**About this task:** All lines of the material that contain "leads" must be copied out.

*** Block opens ***

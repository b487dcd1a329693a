// Where each watcher stands for one address. A row counts its keepers as it moves, so that a pick reads
// one number of each.
ghost use Rattle.std.specs.Prelude.{◌≡◌, ◌+◌, ◌<◌, ◌^◌, cond, true, false, [], map, replicate, get_or};
ghost use Rattle.std.specs.Prelude.{IfOk, Some, None, is_some};
ghost use Rattle.plc_auto.specs.declared.event.Event.TheVariants.{Free as Freed};
ghost use Rattle.std.specs.List.{count_by};
ghost use Rattle.plc_auto.specs.Table.{target_of};
ghost use Rattle.plc_auto.specs.Waiting.{is_kept_at};
ghost use Rattle.plc_auto.specs.Locations.{with_first, wider, is_free_row, is_named, same_locations, is_needed};
ghost use Rattle.plc_auto.specs.Locations.{all_bear_free, moved};
ghost use Rattle.plc_auto.specs.Moves.{with_one, with_all, named_after, one_elsewhere};

use crate::event::{EvKind, Event, is_this, retired_by};
use crate::observer::Observer;
use crate::watcher::{Watcher, first, is_kept_at, is_own, moved};
use plc_base::{LocId, NoMemory};
use std::alloc::Global;
use std::marker::Model;

/// An address, whether it was retired and not freed since, and where each watcher stands for it, `None`
/// for `bad`.
#[derive(Drop)]
pub struct Row {
    address: u32,
    retired: bool,
    at: Vec<Option<LocId>>,
    // How many watchers stand in `r.kept`.
    keepers: usize,
}

impl Model for Row {
    ghost use Rattle.std.specs.Prelude.{◌≡◌, map};
    ghost use Rattle.std.specs.List.{count_by};
    ghost use Rattle.plc_auto.specs.Table.{target_of};
    ghost use Rattle.plc_auto.specs.Waiting.{is_kept_at};
    ghost use Rattle.plc_auto.specs.Locations.{Row};

    ghost Value = { Row };

    ghost view = { λ r. record { address = r.address; retired = r.retired; at = map target_of r.at.items } };

    ghost invariant = { λ r. r.keepers ≡ count_by is_kept_at (map target_of r.at.items) };
}

/// How many of these are `r.kept`.
fn kept_in(at: &[Option<LocId>]) -> usize
    ensures { result ≡ count_by is_kept_at (map target_of at.now) }
{
    at.iter().filter(|l| is_kept_at(**l)).count()
}

/// How many keep an address after one of them has moved.
fn recounted(keepers: usize, before: Option<LocId>, after: Option<LocId>) -> usize
    requires counted { is_kept_at (target_of before) ≡ true → 0 < keepers }
    requires fits { keepers + 1 < 2 ^ 64 }
    ensures { result + cond (is_kept_at (target_of before)) 1 0 ≡ keepers + cond (is_kept_at (target_of after)) 1 0 }
{
    let others = if is_kept_at(before) {
        keepers - 1
    } else {
        keepers
    };
    if is_kept_at(after) {
        others + 1
    } else {
        others
    }
}

/// So many watchers in their first locations.
fn first_locations(alloc: Global, watchers: usize) -> Result<Vec<Option<LocId>>, NoMemory>
    ensures { IfOk result (λ at. at.items ≡ replicate watchers (Some (record { 0 = 0 }))) }
{
    Ok(vec![in alloc; Some(LocId(0)); watchers]?)
}

/// These locations, and the first `n` of them once more.
fn with_first(alloc: Global, n: usize, at: &[Option<LocId>]) -> Result<Vec<Option<LocId>>, NoMemory>
    ensures { IfOk result (λ more. map target_of more.items ≡ with_first n (map target_of at.now)) }
{
    let mut more = Vec::from_slice(alloc, at)?;
    more.extend_from_slice(first(at, n))?;
    Ok(more)
}

impl Row {
    /// A row of no watcher. It takes no memory.
    pub fn empty(alloc: Global) -> Row
        ensures { result ≡ record { address = 0; retired = false; at = [] } }
    {
        Row::with_locations(0, false, Vec::new(alloc))
    }

    /// A row of so many watchers, each in its first location. The address doesn't matter.
    pub fn begun(alloc: Global, watchers: usize) -> Result<Row, NoMemory>
        ensures { IfOk result (λ r. r.at ≡ replicate watchers (Some 0)) }
    {
        let at = first_locations(alloc, watchers)?;
        Ok(Row::with_locations(0, false, at))
    }

    /// A row of these locations.
    fn with_locations(address: u32, retired: bool, at: Vec<Option<LocId>>) -> Row
        ensures { result ≡ record { address = address; retired = retired; at = map target_of at.items } }
    {
        let keepers = kept_in(&at);
        Row {
            address,
            retired,
            at,
            keepers,
        }
    }

    /// A row of another address that isn't retired, where the watchers stand as in this one.
    pub fn for_address(&self, alloc: Global, a: u32) -> Result<Row, NoMemory>
        ensures { IfOk result (λ r. r ≡ record { address = a; retired = false; at = self.now.at }) }
    {
        let at = Vec::from_slice(alloc, &self.at)?;
        Ok(Row::with_locations(a, false, at))
    }

    /// The row with the first `n` watchers once more.
    pub fn wider(&self, alloc: Global, n: usize) -> Result<Row, NoMemory>
        ensures { IfOk result (λ r. r ≡ wider n self.now) }
    {
        let at = with_first(alloc, n, &self.at)?;
        Ok(Row::with_locations(self.address, self.retired, at))
    }

    /// The address.
    pub fn address(&self) -> u32
        ensures { result ≡ self.now.address }
    {
        self.address
    }

    /// Whether the address was retired and not freed since.
    pub fn retired(&self) -> bool
        ensures { result ≡ self.now.retired }
    {
        self.retired
    }

    /// Whether the address is retired and no watcher keeps it.
    pub fn is_free(&self) -> bool
        ensures { result ≡ is_free_row self.now }
    {
        self.retired && self.keepers == 0
    }

    /// Whether the row is needed beside that of the others.
    pub fn is_needed(&self, others: &Row) -> bool
        ensures { result ≡ is_needed others.now.at self.now }
    {
        self.retired || !same_locations(&self.at, &others.at)
    }

    /// Moves watcher number `i`, if there is one, by a kind of event. `by_own` and `on_this` are those of
    /// `Observer::step`.
    fn move_one(&mut self, observer: &Observer, kind: EvKind, by_own: bool, on_this: bool, i: usize)
        ensures { self.new ≡ with_one observer.now kind by_own on_this i self.old }
    {
        if i < self.at.len() {
            let before = self.at[i];
            let after = moved(observer, kind, by_own, on_this, before);
            self.keepers = recounted(self.keepers, before, after);
            self.at[i] = after;
        }
    }

    /// Moves all watchers by an event, which names the address or doesn't. Where it doesn't, only its own
    /// thread's move.
    pub fn move_all(&mut self, e: &Event, on_this: bool, watchers: &[Watcher])
        ensures { self.new ≡ with_all e.now on_this watchers.now self.old }
    {
        let kind = e.kind();
        for i in 0..watchers.len() {
            let own = is_own(e, &watchers[i]);
            self.move_one(&watchers[i].observer, kind, own, on_this, i);
        }
    }

    /// Moves all watchers, and turns `retired`, where the event names the address.
    pub fn hear_named(&mut self, e: &Event, watchers: &[Watcher])
        ensures { self.new ≡ named_after e.now watchers.now self.old }
    {
        if is_this(e.address(), self.address) {
            self.retired = retired_by(e, self.address, self.retired);
            self.move_all(e, true, watchers);
        }
    }

    /// Moves watcher number `i` by a kind of event of its thread, which names an address, where that isn't
    /// this one.
    pub fn hear_elsewhere(&mut self, observer: &Observer, kind: EvKind, named: u32, i: usize)
        ensures { self.new ≡ one_elsewhere observer.now kind named i self.old }
    {
        if !is_this(named, self.address) {
            self.move_one(observer, kind, true, false, i);
        }
    }

    /// Whether a free of an address leads none of these watchers to `bad` from where they stand.
    pub fn all_bear_free(&self, a: u32, watchers: &[Watcher]) -> bool
        ensures { result ≡ all_bear_free a watchers.now self.now.at }
    {
        all_bear_free(a, watchers, &self.at)
    }
}

/// Where watcher number `i` stands, `None` where there is none.
fn location_at(at: &[Option<LocId>], i: usize) -> Option<LocId>
    ensures { target_of result ≡ get_or (map target_of at.now) i None }
{
    if i < at.len() { at[i] } else { None }
}

/// Whether a free of an address leads a watcher that stands there not to `bad`.
fn bears_free(a: u32, watcher: &Watcher, at: Option<LocId>) -> bool
    ensures { result ≡ is_some (moved (Freed a) (is_named (Freed a) a) watcher.now (target_of at)) }
{
    let free = Event::Free { a };
    let own = is_own(&free, watcher);
    moved(&watcher.observer, free.kind(), own, is_this(a, a), at).is_some()
}

/// Whether a free of an address leads none of these watchers to `bad` from where they stand.
fn all_bear_free(a: u32, watchers: &[Watcher], at: &[Option<LocId>]) -> bool
    ensures { result ≡ all_bear_free a watchers.now (map target_of at.now) }
{
    for i in 0..watchers.len() {
        if !bears_free(a, &watchers[i], location_at(at, i)) {
            return false;
        }
    }
    true
}

/// Whether these rows are one location by location.
fn same_locations(at: &[Option<LocId>], others: &[Option<LocId>]) -> bool
    ensures { result ≡ same_locations (map target_of at.now) (map target_of others.now) }
{
    at == others
}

*** Block closes ***

**Answer box:**
    /// Whether a free of an address leads none of these watchers to `bad` from where they stand.
/// Whether a free of an address leads a watcher that stands there not to `bad`.
/// Whether a free of an address leads none of these watchers to `bad` from where they stand.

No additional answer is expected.